A. Multi-CPU Strategy (U-1)

The goal of this strategy is to parallelise loops using OpenMP. First, a hotspot loop is identified by automatically timing all loops in the application (D-1). Next, the strategy verifies if the candidate loop can be parallelised. If the loop is parallel, it is extracted to a function (S-5) in order to isolate it from other parts of the code. An OpenMP parallel for pragma is inserted on top of the hotspot loop with a specified number of threads (S-6). To determine the minimum number of threads that maximises performance for a given dataset and CPU target, hill-climbing is used, starting with 2 threads and doubling this number until the observed execution time no longer improves. To determine execution time during this profiling stage, the hotspot function call is automatically instrumented with a timer (D-2).

B. 1D-FPGA Strategy (U-2)

This strategy generates a single work-item kernel from the hotspot loop, and maximises FPGA resource utilisation. A single work-item kernel is derived by unrolling the candidate loop by a specific factor in order to pipeline computation stages. Controlling the loop unroll factor allows us to adjust pipeline parallelism by mapping more or less loop iterations onto the physical FPGA space [3].

The strategy is as follows. First, a hotspot loop is identified and extracted to a function (D-1, S-5), then it is checked for constructs not supported by Intel HLS, such as function pointers or recursion (D-3). If the function is synthesizable, HW/SW partitioning is performed, generating a single work-item FPGA project based on the hotspot function (S-1). This generated FPGA project contains 3 files: (i) the C++ host application, (ii) the OpenCL kernel manager, and (iii) the HLS kernel file. The C++ host calls the hotspot C++ function residing in the HLS kernel via the OpenCL kernel manager. The kernel manager acts as the intermediary between the host and the kernel, handling the communication between them.

After the FPGA project is generated, the HLS kernel is instrumented to unroll the candidate loop by a specific factor (S-7). This factor begins at 2, and is doubled iteratively in a DSE process until the synthesis tools report that the design is over-mapped. More specifically, for each unroll factor, intermediate RTL compilation is used to generate Intel Design reports, which are parsed to get resource utilisation (ALUTs, FFs, RAMs, DSPs, MLABs) estimates (D-4).
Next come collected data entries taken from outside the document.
// Settled positions as text (C-20): a line for each party and one for all of them. The finals of the pairs are worked out once, for all parties.
// The row of values has a fixed length, since the desk has no heap.
#![tactic(auto)]

ghost use Rattle.std.specs.Prelude.{◌≡◌, cond, List, [], ◌∷◌, ◌++◌, ℕ, ◌+◌, ◌/◌, ◌<◌, ◌≤◌, length, take};
ghost use Rattle.laws.specs.Tests.{◌and◌, ◌or◌};
ghost use Rattle.laws.specs.Lists.{same, has, once};
ghost use Rattle.laws.specs.Cut.{cut};
ghost use Rattle.paper.specs.Layout.{Bytes, in_party, out_party};
ghost use Rattle.paper.specs.Settled.{is_trade_series, appearing, parties, settled};
ghost use Rattle.desk_text.specs.Put.{Put};
ghost use Rattle.settlement_text.specs.Settlement.{sums_line, sums_text, settlement_text, bought_from, sold_from, Filled};

use desk_lines::put_telling;
use desk_text::numbers::put_difference;
use desk_text::pieces::put_worded;
use desk_text::put::put;
use field::{part_of, same};
use layout::{in_party, out_party, rule_of};
use paper::Position;
use settling::{is_trade_series, position_number, sums_of, values_at};
use slots::{block_at, used_part};
use sound::sound;

// The place behind the lines so far, and the sums over their parties.
#[derive(Clone, Copy)]
pub struct Sheet {
    pub at: usize,
    pub bought: u64,
    pub sold: u64,
}

fn put_sums(line: &mut [u8], at: usize, name: &[u8], bought: u64, sold: u64) -> usize
    ensures { Put at (sums_line name.now bought sold) result line.old line.new }
{
    let a = put(line, at, name);
    let b = put_worded(line, a, b" bought ", bought as usize);
    let c = put_worded(line, b, b" sold ", sold as usize);
    let d = put(line, c, b" settled ");
    let e = put_difference(line, d, bought as usize, sold as usize);
    put(line, e, b"\n")
}

// A trade between this party and another.
fn names_party(b: &[u8], party: &[u8]) -> bool
    ensures { result ≡ (is_trade_series b.now and (same party.now (in_party b.now) or same party.now (out_party b.now))) }
{
    is_trade_series(b) & (same(party, in_party(b)) | same(party, out_party(b)))
}

// Whether one of the first i blocks names it.
fn appears(us: &[u8], i: usize, party: &[u8]) -> bool
    ensures { result ≡ has (same party.now) (appearing (take i (cut 512 us.now))) }
{
    us.chunks_exact(512).take(i).any(|b| names_party(b, party))
}

// The line of a party, unless it has one already.
fn put_unless(
    line: &mut [u8],
    sheet: Sheet,
    us: &[u8],
    values: &[u32; 1000],
    again: bool,
    party: &[u8],
) -> Sheet
    requires { (length us.now / 512 ≤ 1000) × (sheet.bought ≤ 9000000000000000000) × (sheet.sold ≤ 9000000000000000000) }
    ensures { ((names : List Bytes) (begun : ℕ) (x : Bytes) → Filled (cut 512 us.now) values.now (length us.now / 512) names begun sheet x line.old → Filled (cut 512 us.now) values.now (length us.now / 512) (names ++ cond again [] (party.now ∷ [])) begun result x line.new) × (result.bought ≤ sheet.bought + 4294967295000) × (result.sold ≤ sheet.sold + 4294967295000) }
{
    if again {
        return sheet;
    }
    let sums = sums_of(us, values, party);
    Sheet {
        at: put_sums(line, sheet.at, party, sums.bought, sums.sold),
        bought: sheet.bought + sums.bought,
        sold: sheet.sold + sums.sold,
    }
}

// The lines of the parties that block i is the first to name.
fn put_parties(line: &mut [u8], sheet: Sheet, us: &[u8], values: &[u32; 1000], i: usize) -> Sheet
    requires { (length us.now / 512 ≤ 1000) × (i < length us.now / 512) × (sheet.bought ≤ 8900000000000000000) × (sheet.sold ≤ 8900000000000000000) }
    ensures { ((begun : ℕ) (x : Bytes) → Filled (cut 512 us.now) values.now (length us.now / 512) (once (appearing (take i (cut 512 us.now)))) begun sheet x line.old → Filled (cut 512 us.now) values.now (length us.now / 512) (once (appearing (take (i + 1) (cut 512 us.now)))) begun result x line.new) × (result.bought ≤ sheet.bought + 8589934590000) × (result.sold ≤ sheet.sold + 8589934590000) }
{
    let x = block_at(us, i);
    if !is_trade_series(x) {
        return sheet;
    }
    let buyer = in_party(x);
    let seller = out_party(x);
    let sheet = put_unless(line, sheet, us, values, appears(us, i, buyer), buyer);
    let again = appears(us, i, seller) | same(seller, buyer);
    put_unless(line, sheet, us, values, again, seller)
}

fn put_all_parties(line: &mut [u8], at: usize, us: &[u8], values: &[u32; 1000]) -> Sheet
    requires { (length us.now / 512 ≤ 1000) × (at ≤ length line.old) }
    ensures { Filled (cut 512 us.now) values.now (length us.now / 512) (parties (cut 512 us.now)) at result line.old line.new }
{
    let mut sheet = Sheet {
        at,
        bought: 0,
        sold: 0,
    };
    for i in 0..us.len() / 512 {
        sheet = put_parties(line, sheet, us, values, i);
    }
    sheet
}

fn put_sheet(line: &mut [u8], at: usize, us: &[u8], values: &[u32; 1000]) -> usize
    requires { (length us.now / 512 ≤ 1000) × (at ≤ length line.old) }
    ensures { Put at (sums_text (bought_from (cut 512 us.now) values.now (length us.now / 512)) (sold_from (cut 512 us.now) values.now (length us.now / 512)) (parties (cut 512 us.now))) result line.old line.new }
{
    let sheet = put_all_parties(line, at, us, values);
    put_sums(line, sheet.at, b"all", sheet.bought, sheet.sold)
}

// 1, 24 or 25, else 0.
fn refusal(book: &[u8], position: Position) -> u32
    ensures { result ≡ (settled book.now [] position.0).number }
{
    if !sound(book) {
        return 1;
    }
    position_number(part_of(book, 0, 512), position)
}

// How long the text is; what does not fit into the buffer is left out.
pub fn settlement(book: &[u8], position: Position, line: &mut [u8]) -> usize
    ensures { Put 0 (settlement_text book.now position.0) result line.old line.new }
{
    let p = position.0;
    let number = refusal(book, Position(p));
    let a = put_telling(line, number);
    if number != 0 {
        return a;
    }
    let b = put_worded(line, a, b": position ", p);
    let c = put(line, b, b", in kW\n");
    let us = used_part(book);
    let values = values_at(rule_of(part_of(book, 0, 512)), us, p - 1);
    put_sheet(line, c, us, &values)
}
If any resource is reported at over 90% utilisation, the unroll factor is rolled back and the DSE stops. This 90% threshold value is parameterisable. The final HLS C++ kernel is compiled into OpenCL, and linked with the kernel manager during synthesis using the Intel OpenCL compiler, producing the final single work-item FPGA design.

C. ND-FPGA Strategy (U-3)

This strategy generates an NDRange FPGA kernel from the hotspot loop to maximise data parallelism. In contrast to U-2, which pipelines the entire loop, the hardware kernel in this strategy implements one loop iteration, corresponding to a single work-item. The number of work-items running concurrently corresponds to the number of loop iterations. To achieve higher throughput, we further group multiple work-items to execute operations in a SIMD manner [9].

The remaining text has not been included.